··· Data for analysis

// Games as they are played, from the first coin to the last.
#![tactic(auto)]

#[cfg(test)]
mod steps;

#[cfg(test)]
mod tests {
    use games::{Game, Twins};
    use piles::Pile;
    use std::test::Fail;
    use tables::calls::{Answer, Call, Move, Refusal, State};
    use tables::replay::replay;
    use tables::table::Table;

    fn at(cell: u32, number: u32) -> Move {
        Move { cell, number }
    }

    #[test]
    fn rugs_two_by_two(rt: HostRuntime) -> Result<(), Fail> {
        let Some(pile) = Pile::new(2, 2, 2, 0) else {
            return Err(Fail::new("no pile"));
        };
        let mut table = Table::new(pile);
        assert_eq!(rt; table.lay(0), Ok(Answer::Laid));
        assert_eq!(rt; table.lay(3), Ok(Answer::Laid));
        assert_eq!(rt; table.begin(), Ok(Answer::Begun(State::Playing)));
        assert_eq!(rt; table.value(), Ok(Answer::Worth(2)));
        let m = at(3, 3);
        assert_eq!(rt; table.advise(), Ok(Answer::Advice(Some(m))));
        assert_eq!(rt; table.weigh(m), Ok(Answer::Worth(0)));
        assert_eq!(rt; table.turn(m), Ok(Answer::Turned(State::Playing)));
        assert_eq!(rt; table.advise(), Ok(Answer::Advice(None)));
        assert_eq!(rt; table.turn(at(0, 0)), Err(Refusal::Tails));
        assert_eq!(rt; table.turn(at(1, 0)), Ok(Answer::Turned(State::Playing)));
        assert_eq!(rt; table.turn(at(2, 0)), Ok(Answer::Turned(State::Over)));
        assert_eq!(rt; table.side().number(), 2);
        Ok(())
    }

    #[test]
    fn a_head_with_no_move_ends_the_game(rt: HostRuntime) {
        let mut table = Table::new(Twins::new(4));
        assert_eq!(rt; table.lay(0), Ok(Answer::Laid));
        assert_eq!(rt; table.begin(), Ok(Answer::Begun(State::Over)));
        assert!(rt; table.heads(0));
        assert_eq!(rt; table.advise(), Err(Refusal::NotNow));
    }

    #[test]
    fn refusals_in_their_order(rt: HostRuntime) {
        let mut empty = Table::new(Twins::new(65));
        assert_eq!(rt; empty.turn(at(9, 9)), Err(Refusal::NoCells));
        let mut table = Table::new(Twins::new(4));
        assert_eq!(rt; table.turn(at(9, 9)), Err(Refusal::NotNow));
        assert_eq!(rt; table.lay(4), Err(Refusal::OffBoard));
        assert_eq!(rt; table.lay(3), Ok(Answer::Laid));
        assert_eq!(rt; table.lay(3), Err(Refusal::Heads));
        assert_eq!(rt; table.begin(), Ok(Answer::Begun(State::Playing)));
        assert_eq!(rt; table.turn(at(4, 9)), Err(Refusal::OffBoard));
        assert_eq!(rt; table.turn(at(2, 9)), Err(Refusal::Tails));
        assert_eq!(rt; table.weigh(at(3, 3)), Err(Refusal::NoMove));
    }

    #[test]
    fn a_run_gives_every_reply(rt: HostRuntime) -> Result<(), Fail> {
        let calls = [Call::Lay(2), Call::Begin, Call::Turn(at(2, 0)), Call::Value];
        let replies = replay(rt.alloc(), Twins::new(3), &calls)?;
        assert_eq!(rt; replies.len(), 4);
        Ok(())
    }
}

······

* **What is being asked**:
Exactly as they appear, retype the lines from the start of the records through the line containing "use tables::replay::replay;".

* **Solution to the problem**:
// Games as they are played, from the first coin to the last.
#![tactic(auto)]

#[cfg(test)]
mod steps;

#[cfg(test)]
mod tests {
    use games::{Game, Twins};
    use piles::Pile;
    use std::test::Fail;
    use tables::calls::{Answer, Call, Move, Refusal, State};
    use tables::replay::replay;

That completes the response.